- _EXERCISE OBJECTIVE_
Starting at the line that contains "versions.now own →", set down each line exactly until the records end, keeping both ends and adding nothing.

--- START ---

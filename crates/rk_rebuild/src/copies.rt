// The newest items that a master's own entries lack.
ghost use Rattle.std.specs.Prelude.{◌≡◌, ◌++◌, List, IfOk, OnOk, not, filter, map};
ghost use Rattle.rk_types.specs.declared.held.Held.{Held as Item};
ghost use Rattle.rk_overlay.specs.Lent.{IsTreeOf};
ghost use Rattle.rk_overlay.specs.Newest.{Found, newest_from};
ghost use Rattle.rk_world.specs.Ends.{items_of, items_in};
ghost use Rattle.rk_world.specs.Merge.{copies_of as copies_of_lem, has_version as has_version_lem};
ghost use Rattle.rk_rebuild.specs.Lent.{lent};
ghost use Rattle.rk_rebuild.specs.Versions.{HasVersions};

use rk_entry::Entry;
use rk_overlay::{Newest, in_order, take_in};
use rk_types::{Held, Key, NoMemory};
use std::alloc::Global;
use std::collections::{BTreeMap, BTreeSet};

/// The items that there are, by table, key and version.
type Versions<'a> = BTreeSet<(u64, &'a Key, u64)>;

/// The newest item of each key among all these entries, in order of version, except those of which an own entry is an
/// item of that key and version. A tombstone counts like any other item. A search for each entry, and what is copied
/// takes a sort; the keys and values of the result alone are copied.
pub(crate) fn copies_of(
    alloc: Global,
    own: &[&Entry],
    all: &[&Entry],
) -> Result<Vec<Held>, NoMemory>
    ensures { IfOk result (λ copies. copies.items ≡ copies_of_lem (items_of (lent own.now)) (items_of (lent all.now))) }
{
    let mut newest = BTreeMap::new(alloc);
    take_all(&mut newest, all)?;
    let mut versions = BTreeSet::new(alloc);
    note_all(&mut versions, own)?;
    let items = in_order(alloc, &newest)?;
    lacking(alloc, &versions, items.as_slice())
}

// Takes in the items among entries, in their order.
fn take_all<'a>(newest: &mut Newest<'a>, entries: &[&'a Entry]) -> Result<(), NoMemory>
    ensures { OnOk result ((found : Found)
        → IsTreeOf newest.old found → IsTreeOf newest.new (newest_from found (items_of (lent entries.now)))) }
{
    for entry in entries {
        take(newest, entry)?;
    }
    Ok(())
}

// Takes in the item that an entry is, if it is one.
fn take<'a>(newest: &mut Newest<'a>, entry: &'a Entry) -> Result<(), NoMemory>
    ensures { OnOk result ((found : Found)
        → IsTreeOf newest.old found → IsTreeOf newest.new (newest_from found (items_in entry.now))) }
{
    match entry {
        Entry::Held(held) => take_in(newest, held),
        Entry::Refused(_) | Entry::Carried(_) | Entry::Joined(_) => Ok(()),
    }
}

// Notes the versions of the items among entries.
fn note_all<'a>(versions: &mut Versions<'a>, entries: &[&'a Entry]) -> Result<(), NoMemory>
    ensures { OnOk result ((items : List Item)
        → HasVersions versions.old items → HasVersions versions.new (items ++ items_of (lent entries.now))) }
{
    for entry in entries {
        note(versions, entry)?;
    }
    Ok(())
}

// Notes the version of the item that an entry is, if it is one.
fn note<'a>(versions: &mut Versions<'a>, entry: &'a Entry) -> Result<(), NoMemory>
    ensures { OnOk result ((items : List Item)
        → HasVersions versions.old items → HasVersions versions.new (items ++ items_in entry.now)) }
{
    match entry {
        Entry::Held(held) => {
            versions.insert((held.table, &held.key, held.version))?;
            Ok(())
        }
        Entry::Refused(_) | Entry::Carried(_) | Entry::Joined(_) => Ok(()),
    }
}

// Items of their own with the same parts as those of which no version is noted.
fn lacking<'a>(
    alloc: Global,
    versions: &Versions<'a>,
    items: &[&'a Held],
) -> Result<Vec<Held>, NoMemory>
    ensures { IfOk result (λ copies. (own : List Item) → HasVersions versions.now own
        → copies.items ≡ filter (λ item. not (has_version_lem own item)) (map (λ item. item.now) items.now)) }
{
    let mut copies = Vec::new(alloc);
    for item in items {
        if !has_version(versions, item) {
            copies.push(item.duplicate()?)?;
        }
    }
    Ok(copies)
}

// Whether an item of this key and version is noted.
fn has_version<'a>(versions: &Versions<'a>, item: &'a Held) -> bool
    ensures { (own : List Item) → HasVersions versions.now own → result ≡ has_version_lem own item.now }
{
    versions.contains(&(item.table, &item.key, item.version))
}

--- END ---

- _EXERCISE RESPONSE_
    ensures { (own : List Item) → HasVersions versions.now own → result ≡ has_version_lem own item.now }
{
    versions.contains(&(item.table, &item.key, item.version))
}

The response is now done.